Space of real sequences with finitely many nonzero elements is a Banach space?

Question

Let $X$ be a vector space (over $\mathbb{R}$) consisting of all real-valued sequences, which have almost all elements equal to $0$.

For $x:= (x_n)_{n\in \mathbb{N}}^{\infty} \in X$ we define its norm as $N(x):= \sup{ \left \{ \frac{\left | x_n \right |}{n}: n\in \mathbb{N} \right \}}$.

Is $(X, N)$ a Banach space?

A sequence $(y_n)_{n\in \mathbb{N}}^{\infty} \subset X$ is a Cauchy sequence, if for all $\varepsilon >0$ and $k, l$ large enough, $N(y_k - y_l) < \varepsilon$, but here I have problems with understanding what is a norm of such difference since I need to consider a sequence of sequences. I think this may not be Banach since the norm is defined with supremum of nonzero elements and it could possibly tend to something different than zero, but I am confused with double indices.

Answer 1

No the sequence $u_n$ such that $u_n(m)=1, m\leq n$ and $u_n(m)=0, m>n$ is a Cauch sequence which does not converge.

Answer 2

Consider the sequence $\{x_n\}$ in $X$ defined by $x_n(k)=1$ if $1\leq k\leq n$, and $x_n(k)=0$ otherwise.
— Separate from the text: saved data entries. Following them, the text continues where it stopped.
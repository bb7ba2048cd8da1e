//! What holds of pages. The functions do nothing: each stands for the laws that its clauses name.
ghost use Rattle.std.specs.Prelude.{◌≡◌, ◌≢◌, ◌↔◌, ◌+◌, ◌≤◌, ◌∷◌, ◌++◌, ℕ, List, Option, None, length, drop, nat_eq, IsTrue};
ghost use Rattle.std.specs.FinMap.{is_sorted};
ghost use Rattle.std.specs.List.{IsDistinct};
ghost use Rattle.disk_trait.specs.Region.{span, outside, AreApart, IsSameOutside};
ghost use Rattle.blsm_model.specs.Format.{page_length};
ghost use Rattle.blsm_model.specs.declared.component.Component.{Component};
ghost use Rattle.blsm_model.specs.Keys.{key_cmp};
ghost use Rattle.blsm_model.specs.Sizes.{Sizes, IsGeometry};
ghost use Rattle.blsm_model.specs.Geometry.{page_count};
ghost use Rattle.page_file.specs.Entry.{entry_bytes, AreRising};
ghost use Rattle.blsm_model.specs.Components.{no_page};
ghost use Rattle.page_file.specs.Page.{page_head_length, page_number, used_by, page_bytes, IsContent, IsPageOf, IsPage};
ghost use Rattle.page_file.specs.File.{page_start, page_region, pages_region, AreSamePages};
ghost use Rattle.blsm_model.specs.declared.key.Key.{Key};
ghost use Rattle.record_delta.specs.declared.record.Rec.{Rec};
ghost use Rattle.record_delta.specs.Entries.{entries_weight, Entries};
ghost use Rattle.page_file.specs.Component.{RunPage, numbers_of, entries_of, first_number, AreChained, ReadsAs, ReadsOn, HasList};

/// Bytes are one page at most: they have one list of entries and one next page. Each content that a page may have is that of
/// a valid page.
pub fn one_page()
    ensures same { (pages : ℕ) (m n : Option ℕ) (es fs : Entries) (page : List ℕ) → pages ≤ no_page
        → IsPageOf pages m es page → IsPageOf pages n fs page → (m ≡ n) × (es ≡ fs) }
    ensures made { (pages : ℕ) (next : Option ℕ) (entries : Entries) → IsContent pages next entries
        → IsPage pages (page_bytes next entries) × (length (page_bytes next entries) ≡ page_length) }
    ensures few { (sizes : Sizes) → IsGeometry sizes → page_count sizes ≤ no_page }
{}

/// Each entry stands behind the head and the bytes of the entries before it.
pub fn where_entries_stand()
    ensures { (pages : ℕ) (next : Option ℕ) (before after : Entries) (entry : Key × Rec) (page : List ℕ)
        → IsPageOf pages next (before ++ entry ∷ after) page
        → (rest : List ℕ) × (drop (page_head_length + used_by before) page ≡ entry_bytes entry ++ rest) }
{}

/// Pages are apart from each other, and from all that ends before the first one: the superblock, the catalogue and the log.
pub fn pages_are_apart()
    ensures others { (sizes : Sizes) (m n : ℕ) → m ≢ n → AreApart (page_region sizes m) (page_region sizes n) }
    ensures before { (sizes : Sizes) (n at len : ℕ) → at + len ≤ page_start sizes 0 → AreApart (page_region sizes n) (span at len) }
{}

/// What is read of pages stays where these read the same; and so they do where no byte has changed but outside of them, as where
/// nothing has changed outside a region that is apart from them: one before the first page, such as an entry's of the log.
pub fn what_stays()
    ensures apart { (sizes : Sizes) (numbers : List ℕ) (old new : List ℕ) → IsSameOutside (outside (pages_region sizes numbers)) old new
        → AreSamePages sizes numbers old new }
    ensures before { (sizes : Sizes) (numbers : List ℕ) (at len : ℕ) (old new : List ℕ) → at + len ≤ page_start sizes 0 → IsSameOutside (span at len) old new
        → AreSamePages sizes numbers old new }
    ensures chain { (sizes : Sizes) (pages : List RunPage) (end : Option ℕ) (old new : List ℕ) → AreSamePages sizes (numbers_of pages) old new
        → AreChained sizes pages end old → AreChained sizes pages end new }
    ensures run { (sizes : Sizes) (run : Component) (pages : List RunPage) (next : Option ℕ) (old new : List ℕ) → AreSamePages sizes (numbers_of pages) old new
        → ReadsOn sizes run pages next old → ReadsOn sizes run pages next new }
    ensures component { (sizes : Sizes) (component : Component) (pages : List RunPage) (old new : List ℕ) → AreSamePages sizes (numbers_of pages) old new
        → ReadsAs sizes component pages old → ReadsAs sizes component pages new }
    ensures list { (sizes : Sizes) (component : Component) (es : Entries) (old new : List ℕ) (list : HasList sizes component es old)
        → AreSamePages sizes (numbers_of list.pages) old new → (now : HasList sizes component es new) × (now.pages ≡ list.pages) }
{}

/// A component reads as the entries of one list of pages at most, and as one list. Where pages are chained and their keys rise, none is met
/// twice. The weight of a page's entries is the number of bytes that it says.
pub fn one_component()
    ensures same { (sizes : Sizes) (component : Component) (ps qs : List RunPage) (file : List ℕ) → page_count sizes ≤ no_page
        → ReadsAs sizes component ps file → ReadsAs sizes component qs file → ps ≡ qs }
    ensures list { (sizes : Sizes) (component : Component) (es fs : Entries) (file : List ℕ) → page_count sizes ≤ no_page
        → HasList sizes component es file → HasList sizes component fs file → es ≡ fs }
    ensures apart { (sizes : Sizes) (pages : List RunPage) (end : Option ℕ) (file : List ℕ) → page_count sizes ≤ no_page
        → AreChained sizes pages end file → AreRising (entries_of pages) → IsDistinct nat_eq (numbers_of pages) }
    ensures weight { (entries : Entries) → entries_weight entries ≡ used_by entries }
{}

/// A chain of pages whose last one's next page is the first of another chain goes on through that. From a page on there is one chain
/// to the end at most.
pub fn chains()
    ensures one { (sizes : Sizes) (ps qs : List RunPage) (file : List ℕ) → page_count sizes ≤ no_page → AreChained sizes ps None file → AreChained sizes qs None file
        → page_number (first_number ps None) ≡ page_number (first_number qs None) → ps ≡ qs }
    ensures join { (sizes : Sizes) (ps qs : List RunPage) (end : Option ℕ) (file : List ℕ)
        → AreChained sizes (ps ++ qs) end file ↔ (AreChained sizes ps (first_number qs end) file × AreChained sizes qs end file) }
    ensures entries { (ps qs : List RunPage) → entries_of (ps ++ qs) ≡ entries_of ps ++ entries_of qs }
    ensures weights { (es fs : Entries) → entries_weight (es ++ fs) ≡ entries_weight es + entries_weight fs }
{}

/// Entries rise on pages exactly where the list of keys with records is sorted.
pub fn one_order()
    ensures { (es : Entries) → AreRising es ↔ IsTrue (is_sorted key_cmp es) }
{}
If $n<m$, then $$ ||x_n-x_m||=\frac{1}{n+1} $$ hence $\{x_n\}$ is a Cauchy sequence in $X$. Can $\{x_n\}$ have a limit in $X$?

Answer 3

The answers posted above should suffice to answer your question.

More generally, if $X$ is an infinite dimensional vector space whose dimension is countable, then for any norm on $X$, $X$ is not complete and, thus, not a Banach space.

(To see that the space you have described has countable dimension, consider the sequence of elements ${\{e_n\}}_{n\in\mathbb{N}}$ in the space such that:

${e_n}(k)=0,$ for $k\neq n$ and $e_n(n)=1$)

As for the proof of this fact, it follows from the following:

Let $\{{x_n}\}_{n\in\mathbb{N}}$ be a countable Hamel basis of $X$ and for $n\in\mathbb{N}$ consider the subspace:

$F_n=span\{x_k:k\leq n\}$

Then, $F_n$ is a closed subspace of $X$ for each $n\in\mathbb{N}$ (as it is finite dimensional)

It is obvious that $X=\cup_{n\in\mathbb{N}}F_n$ thus since $X$ is a Banach space, by the Baire category theorem we would have that:

$intF_{n_0}\neq\emptyset$ for some $n_0 \in \mathbb{N}$

But this implies that $F_{n_0}=X$, thus $X$ is finite dimensional, a contradiction.